Current progress can be seen here (happy to receive feedback): https://github.com/elixir-lang/elixir/compare/master...mitchellhenke:logger-metadata?expand=1
@mitchellhenke looks excellent to me! :D
I think we could change the translator tests in their entirety to use the new backend but we should do it later. :)
I have played a bit with initial_call and unfortunately it is very inconsistent. For example, for supervisors, it returns {supervisor, Module, 1}. My suggestion is that, instead of including initial_call, we should include initial_module or proc_module, that only includes the module name and does not need extra rules.
I think the weird supervisor name is used by OTP to make it obvious that a process is a supervisor in observer and similar tooling. As far as I know, it's not used for any functionality at the moment.
But after your change for supervisors to return proper metadata that they are supervisors from format_status, I think it should be reasonable to make OTP and the tooling to use that and have normal initial_call for supervisors.
@michalmuskala good point. I think for now we can go ahead and change the supervisor initial_call to a proper MFA and one day we may no longer need to do it.
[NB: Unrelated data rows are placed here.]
//! Lines that were refused, in words.

use cdf_model::{LineError, Reason};
use cdf_saving::{BrokenCondition, Condition, LineMark, Refusals, RefusedLine};
use std::fmt;

/// Writes the fault of a line that is no command. Bytes of the line are counted from 0.
fn write_fault<W: fmt::Write>(fault: LineError, f: &mut fmt::Formatter<W>) -> fmt::Result {
    match fault {
        LineError::TooLong { .. } => f.write_str("the line has more than 16777216 bytes"),
        LineError::BadQuote { at } => write!(
            f,
            "at byte {at} stands a quote that is not closed or has no blank beside it, or a backslash that begins no escape"
        ),
        LineError::BadHex { at } => {
            write!(
                f,
                "the backslash at byte {at} wants x and two hexadecimal digits"
            )
        }
        LineError::UnknownWord { at } => {
            write!(f, "the word at byte {at} is none that can stand there")
        }
        LineError::MissingWord { .. } => f.write_str("the line has too few words"),
        LineError::ExtraWord { at } => write!(f, "the word at byte {at} is one too many"),
        LineError::BadNumber { at } => write!(
            f,
            "the word at byte {at} is not the number that is wanted"
        ),
    }
}

/// The name of a reason, and what it means; empty where the words depend on numbers.
fn words_of_reason(reason: Reason) -> &'static str {
    match reason {
        Reason::BadLine { .. } => "BadLine: ",
        Reason::NoSuchAttr => "NoSuchAttr: no attribute has the name",
        Reason::NoSuchVar => "NoSuchVar: no variable has the name",
        Reason::NoSuchTap => "NoSuchTap: no tap has the name",
        Reason::BadName => "BadName: a new name has 1 to 256 bytes, none of them 0",
        Reason::NameTaken => "NameTaken: the new name is there already",
        Reason::WrongScope => {
            "WrongScope: entries of kind g are for attributes of the file, r and z for those of variables"
        }
        Reason::NoSuchEntry => "NoSuchEntry: the attribute has no entry of the kind and number",
        Reason::NumberOutOfRange => {
            "NumberOutOfRange: the number is too large, is no encoding, or is that of no variable"
        }
        Reason::BadShape => {
            "BadShape: a value has at least one element, and just one where its type is not CHAR or UCHAR; \
             there are at most 10 dimensions, each of a size from 1 on and with a letter of VARYS; \
             and a record has at most 67108864 bytes"
        }
        Reason::WrongCount { .. } => "WrongCount: ",
        Reason::BadValue { .. } => "BadValue: ",
        Reason::IndexOutOfRange => {
            "IndexOutOfRange: an index has one number for each dimension, each below the size"
        }
        Reason::RecordOutOfRange => {
            "RecordOutOfRange: the record is past 2147483646, or is not 0 where records do not vary; \
             for del-recs, FIRST is past LAST, or there is no record LAST"
        }
        Reason::InUse => "InUse: the variable has records, or the file has attributes or variables",
        Reason::TooLarge => "TooLarge: the file might come to have more than 1073741824 bytes",
    }
}

/// What marks a line, as it is told behind the reason.
fn words_of_mark(mark: LineMark) -> &'static str {
    match mark {
        LineMark::CarriageReturn => {
            " (the line ends with a carriage return, which is part of its last word: lines end with a newline alone)"
        }
        LineMark::ByteOrderMark => {
            " (the script begins with a byte order mark, which is part of its first word)"
        }
        LineMark::Utf16 => " (the script is UTF-16: a script is ASCII or UTF-8)",
        LineMark::NotYet => " (the command is not there yet)",
    }
}

/// A reason to be written in words.
#[derive(Clone, Copy, Debug)]
pub struct ReasonWords(pub Reason);

impl fmt::Display for ReasonWords {
    fn fmt<W: fmt::Write>(&self, f: &mut fmt::Formatter<W>) -> fmt::Result {
        f.write_str(words_of_reason(self.0))?;
        match self.0 {
            Reason::BadLine { fault } => write_fault(fault, f),
            Reason::WrongCount { found, wanted } => {
                write!(f, "the values are {found}, and {wanted} are wanted")
            }
            Reason::BadValue { at } => {
                write!(
                    f,
                    "value {at}, counted from 0, is not written as its type wants it"
                )
            }
            _ => Ok(()),
        }
    }
}

/// The name of a reason that has several conditions.
fn name_of_reason(reason: Reason) -> &'static str {
    match reason {
        Reason::NumberOutOfRange => "NumberOutOfRange",
        Reason::BadShape => "BadShape",
        Reason::InUse => "InUse",
        _ => "refused",
    }
}

/// Writes a condition that is not met.
fn write_condition<W: fmt::Write>(condition: Condition, f: &mut fmt::Formatter<W>) -> fmt::Result {
    match condition {
        Condition::SomeElements => f.write_str("a value has at least one element"),
        Condition::OneElement(elems) => write!(
            f,
            "a value whose type is not CHAR or UCHAR has 1 element, not {elems}"
        ),
        Condition::FewDimensions(count) => {
            write!(f, "there are at most 10 dimensions, not {count}")
        }
        Condition::DimensionSize { number, size } => write!(
            f,
            "a dimension has a size from 1 to 2147483647, and dimension {number}, counted from 0, has {size}"
        ),
        Condition::Letters {
            letters,
            dimensions,
        } => write!(
            f,
            "VARYS has a letter for each dimension: {dimensions} are wanted, not {letters}"
        ),
        Condition::RecordSize => f.write_str("a record has at most 67108864 bytes"),
        Condition::Encoding(code) => write!(f, "{code} is no encoding"),
        Condition::Signed(n) => write!(f, "{n} is past 2147483647"),
        Condition::EntryNumber(num) => write!(f, "{num} is past 2147483646"),
        Condition::RVariable(num) => write!(f, "no r variable has the number {num}"),
        Condition::ZVariable(num) => write!(f, "no z variable has the number {num}"),
        Condition::EmptyFile => f.write_str("the file has attributes or variables"),
    }
}

/// Writes why a line was refused: the condition that it does not meet, where that is known, else what the reason means.
fn write_reason<W: fmt::Write>(line: &RefusedLine, f: &mut fmt::Formatter<W>) -> fmt::Result {
    let Some(BrokenCondition { condition, word }) = line.broken else {
        return write!(f, "{}", ReasonWords(line.reason));
    };
    write!(f, "{}: ", name_of_reason(line.reason))?;
    if let Some(word) = word {
        write!(f, "word {word}: ")?;
    }
    write_condition(condition, f)
}

/// Writes a line that was refused: its number and the reason.
fn write_line<W: fmt::Write>(line: &RefusedLine, f: &mut fmt::Formatter<W>) -> fmt::Result {
    write!(f, "line {}, ", line.number)?;
    write_reason(line, f)?;
    match line.mark {
        Some(mark) => f.write_str(words_of_mark(mark)),
        None => Ok(()),
    }
}

/// Refusals to be written in words: how many lines were refused, and why the first of them was.
#[derive(Clone, Copy, Debug)]
pub struct RefusalsWords(pub Refusals);

impl fmt::Display for RefusalsWords {
    fn fmt<W: fmt::Write>(&self, f: &mut fmt::Formatter<W>) -> fmt::Result {
        let Refusals {
            answered,
            refused,
            first,
        } = self.0;
        let were = if refused == 1 { "was" } else { "were" };
        write!(f, "{refused} of {answered} lines {were} refused")?;
        match first {
            Some(line) => {
                f.write_str(if refused == 1 {
                    ": "
                } else {
                    ", the first of them "
                })?;
                write_line(&line, f)
            }
            None => Ok(()),
        }
    }
}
@mitchellhenke since we are closing on a release candidate for v1.7, i went ahead and implemented the remaining initial_call and registered_name metadata. Thanks for the great test logger and the crash report implementation. :heart: :green_heart: :blue_heart: :yellow_heart: :purple_heart:
Closing in favor of #7844.
@josevalim sounds good! Happy to have been able to contribute a little bit 馃檪
I'll definitely play around with the new translators/metadata when the release candidate comes out.